We also had a family rule we lived by: If you can’t get along in here, there’s no way you’re going out there to play. I know, mean ol’ mom! But I meant it and we lived it. Everything our children learn in communicating with each other is everything they will use later on in life. I remember telling our son, “Your wife will appreciate this one day. Learn to communicate well with your sisters now and work out this so you know how to later on.” I would say, “We will always be family. Nothing will change that. Figure this out here.” Or “You can bless people or curse them with your tongue.” My eyes would get big and I would look directly into theirs. They got the message loud and clear. I cannot tell you how many times I would tell my kids you are practicing here for your husband/ wife later, trust me. Oh man it did not always go well and there were seasons in life where they didn’t have friend time for a few days until they got it right with their brother/sister. Imagine opening the front door and a little person is standing there, big eyes looking up at me, asking if so-in-so can play and I’m explaining why they can’t come out to play today. Blank Stare.

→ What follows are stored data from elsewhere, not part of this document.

//! Iterations and chunk specifications (5.5).

ghost use Rattle.syntax_expressions.specs.Reading.{Reads, IsNoRange, ReadsForm, told_expr, HasFilter, iter_form, EachForm, chunk_form, ChunkForm, IsRangeChunk, JoinsIter};
ghost use Rattle.syntax_grammar.specs.Brackets as brackets;
ghost use Rattle.syntax_grammar.specs.Levels as level;
ghost use Rattle.std.specs.Prelude.{◌≡◌};
ghost use Rattle.syntax_nodes.specs.Parts.{the_simple, the_iter, the_parallel, IsPart, IsSimple, IsParallel};
ghost use Rattle.syntax_nodes.specs.Rooted.{top, pop};
ghost use Rattle.syntax_nodes.specs.Stack.{parts};

use crate::expressions::{expr, name, simple};
use crate::levels::chunk;
use crate::operators::reversed;
use crate::parser::Parser;
use crate::ranges::range;
use ada_base::kinds::{CLOSE_ROUND, IDENTIFIER, IN, OF, OPEN_ROUND, PARALLEL, WHEN};
use syntax_nodes::{Leaf, One, Parts, Two, bare, leaf, leave_out, nothing, one, two};
use syntax_readers::Failure;

/// `when` and a condition, if they are there (5.5): whether they are.
#[cycle(levels)]
#[tactic(auto, unfolding(syntax_grammar::specs::Brackets::filter))]
pub fn filter(parser: &mut Parser<'_>, levels: u32) -> Result<bool, Failure>
    ensures { ReadsForm told_expr HasFilter (parts parser.old.out) (brackets.filter (level.levels levels) parser.old.tokens) result parser.new.tokens (parts parser.new.out) }
{
    if parser.tokens.peek() == WHEN {
        parser.tokens.take(WHEN)?;
        expr(parser, levels)?;
        Ok(true)
    } else {
        nothing(&mut parser.out)?;
        Ok(false)
    }
}

/// An iteration over an array, after its parameter (5.5.2).
#[cycle(levels)]
#[tactic(auto, unfolding(syntax_grammar::specs::Brackets::iter_of))]
pub fn iter_of(parser: &mut Parser<'_>, levels: u32, item: u32) -> Result<(), Failure>
    ensures { Reads the_iter IsNoRange (parts parser.old.out) (brackets.iter_of (level.levels levels) item parser.old.tokens) result parser.new.tokens (parts parser.new.out) }
{
    parser.tokens.take(OF)?;
    name(parser, levels)?;
    filter(parser, levels)?;
    two(&mut parser.out, Two::OfName(item))
}

/// An iteration over a range, after its parameter (5.5). Without `reverse` and filter the range is the part, and the answer the parameter.
#[cycle(levels)]
#[tactic(auto, unfolding(syntax_grammar::specs::Brackets::iter_in))]
pub fn iter_in(parser: &mut Parser<'_>, levels: u32, index: u32) -> Result<Option<u32>, Failure>
    ensures { ReadsForm iter_form EachForm (parts parser.old.out) (brackets.iter_in (level.levels levels) index parser.old.tokens) result parser.new.tokens (parts parser.new.out) }
{
    parser.tokens.take(IN)?;
    let reverse = reversed(&mut parser.tokens)?;
    range(parser, levels)?;
    let filtered = filter(parser, levels)?;
    if reverse.is_none() && !filtered {
        leave_out(&mut parser.out);
        return Ok(Some(index));
    }
    two(&mut parser.out, Two::InRange(index, reverse))?;
    Ok(None)
}

/// An iteration (5.5, 5.5.2). Over a range without `reverse` and filter the range is the part, and the answer the parameter.
#[cycle(levels)]
#[tactic(auto, unfolding(syntax_grammar::specs::Brackets::iter))]
pub fn iter_begun(parser: &mut Parser<'_>, levels: u32) -> Result<Option<u32>, Failure>
    ensures { ReadsForm iter_form EachForm (parts parser.old.out) (brackets.iter (level.levels levels) parser.old.tokens) result parser.new.tokens (parts parser.new.out) }
{
    let index = parser.tokens.take(IDENTIFIER)?;
    if parser.tokens.peek() == OF {
        iter_of(parser, levels, index)?;
        Ok(None)
    } else {
        iter_in(parser, levels, index)
    }
}

/// Joins an iteration that was begun.
pub fn iter_joined(out: &mut Parts, begun: Option<u32>) -> Result<(), Failure>
    ensures { JoinsIter begun result (parts out.new) (parts out.old) }
{
    match begun {
        Some(index) => {
            nothing(out)?;
            two(out, Two::InRange(index, None))
        }
        None => Ok(()),
    }
}

/// An iteration (5.5, 5.5.2).
pub fn iter(parser: &mut Parser<'_>, levels: u32) -> Result<(), Failure>
    ensures { Reads the_iter IsPart (parts parser.old.out) (brackets.iter (level.levels levels) parser.old.tokens) result parser.new.tokens (parts parser.new.out) }
{
    let begun = iter_begun(parser, levels)?;
    iter_joined(&mut parser.out, begun)
}

/// A chunk specification over a range, after its parameter (5.5).
#[cycle(levels)]
#[tactic(auto, unfolding(syntax_grammar::specs::Brackets::chunk_in))]
pub fn chunk_in(parser: &mut Parser<'_>, levels: u32, at: u32, index: u32) -> Result<(), Failure>
    ensures { Reads the_parallel IsRangeChunk (parts parser.old.out) (brackets.chunk_in (level.levels levels) at index parser.old.tokens) result parser.new.tokens (parts parser.new.out) }
{
    parser.tokens.take(IN)?;
    range(parser, levels)?;
    one(&mut parser.out, One::Chunked(at, index))
}

/// A chunk specification, after its first sum: whether the sum is all, and then the part.
#[cycle(levels)]
#[tactic(auto, unfolding(syntax_grammar::specs::Brackets::chunk_from))]
pub fn chunk_from(parser: &mut Parser<'_>, levels: u32, at: u32) -> Result<bool, Failure>
    requires { IsSimple (top (parts parser.old.out)) }
    ensures { ReadsForm (chunk_form at) ChunkForm (pop (parts parser.old.out)) (brackets.chunk_from (level.levels levels) at (the_simple (top (parts parser.old.out))) parser.old.tokens) result parser.new.tokens (parts parser.new.out) }
{
    if parser.tokens.peek() != IN {
        return Ok(true);
    }
    match bare(&parser.out) {
        Some(index) => {
            leave_out(&mut parser.out);
            chunk_in(parser, levels, at, index)?;
            Ok(false)
        }
        None => Err(Failure::Unexpected),
    }
}

/// A chunk specification in its brackets (5.5): whether it is a sum alone, and then the sum is the part.
#[cycle(levels)]
#[tactic(auto, unfolding(syntax_grammar::specs::Brackets::chunk))]
pub fn chunk_opened(parser: &mut Parser<'_>, levels: u32, at: u32) -> Result<bool, Failure>
    ensures { ReadsForm (chunk_form at) ChunkForm (parts parser.old.out) (brackets.chunk (level.levels levels) at parser.old.tokens) result parser.new.tokens (parts parser.new.out) }
{
    parser.tokens.take(OPEN_ROUND)?;
    simple(parser, levels)?;
    let counted = chunk_from(parser, levels, at)?;
    parser.tokens.take(CLOSE_ROUND)?;
    Ok(counted)
}

/// `parallel` with a chunk specification or without one (5.5).
#[cycle(levels)]
#[tactic(auto, unfolding(syntax_grammar::specs::Brackets::parallel))]
pub fn parallel(parser: &mut Parser<'_>, levels: u32) -> Result<(), Failure>
    ensures { Reads the_parallel IsParallel (parts parser.old.out) (brackets.parallel (level.levels levels) parser.old.tokens) result parser.new.tokens (parts parser.new.out) }
{
    let at = parser.tokens.take(PARALLEL)?;
    if parser.tokens.peek() != OPEN_ROUND {
        return leaf(&mut parser.out, Leaf::Unchunked(at));
    }
    if chunk(parser, levels, at)? {
        one(&mut parser.out, One::Counted(at))
    } else {
        Ok(())
    }
}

My children adore each other. They are friends. They have each other’s back. Having a baby is easy, being a parent is hard work. If you want to do it right it takes hours of talking. Hours of explaining why, not just saying, cause I said so. Hours of prayer on our part as momma and daddy. We want our kids to know Jesus, understand God’s plan for them in every part of their life and it all starts in the home. Then one day when they are launched, they’ll be prepared. Being prepared also includes good communication skills and protecting a brother or sister’s heart. It takes practice. It takes humility. And trust me, we’ve had plenty of opportunities to practice. Our job, our God-given responsibility as parents is to walk them through what that looks like and all the while pray their heart stays tender towards each other and towards Jesus.
This-doesn’t-mean-they-will-listen. I am not so arrogant to say this is a spoonful of sugar and the medicine goes down technique. That’s just not reality, now is it?
There is a keen difference between imparting God’s truth in your child’s life and that day they make a conscious decision what they will choose.
I’m sad to hear brothers and sisters fight with each other. I’m sad that parents excuse it as normal. Romans 12:18 tells us, “If it is possible, as far as it depends on you, live at peace with everyone”. Doesn’t that include siblings?
Reality Check: How’s the pulse in your home? Do you and your children practice Romans 12:18 or does that apply only to the people outside of your four walls? Maybe we can all take a step back from the busyness of life and really look at how we communicate with each other. I know I have. I don’t get it right all the time; that is for sure! I don’t think that’s the point. I do try hard to apologize and admit I’m wrong; just did that a couple days ago myself. It’s all about being real and allowing the Holy Spirit to do his work. You do your part and He will do his.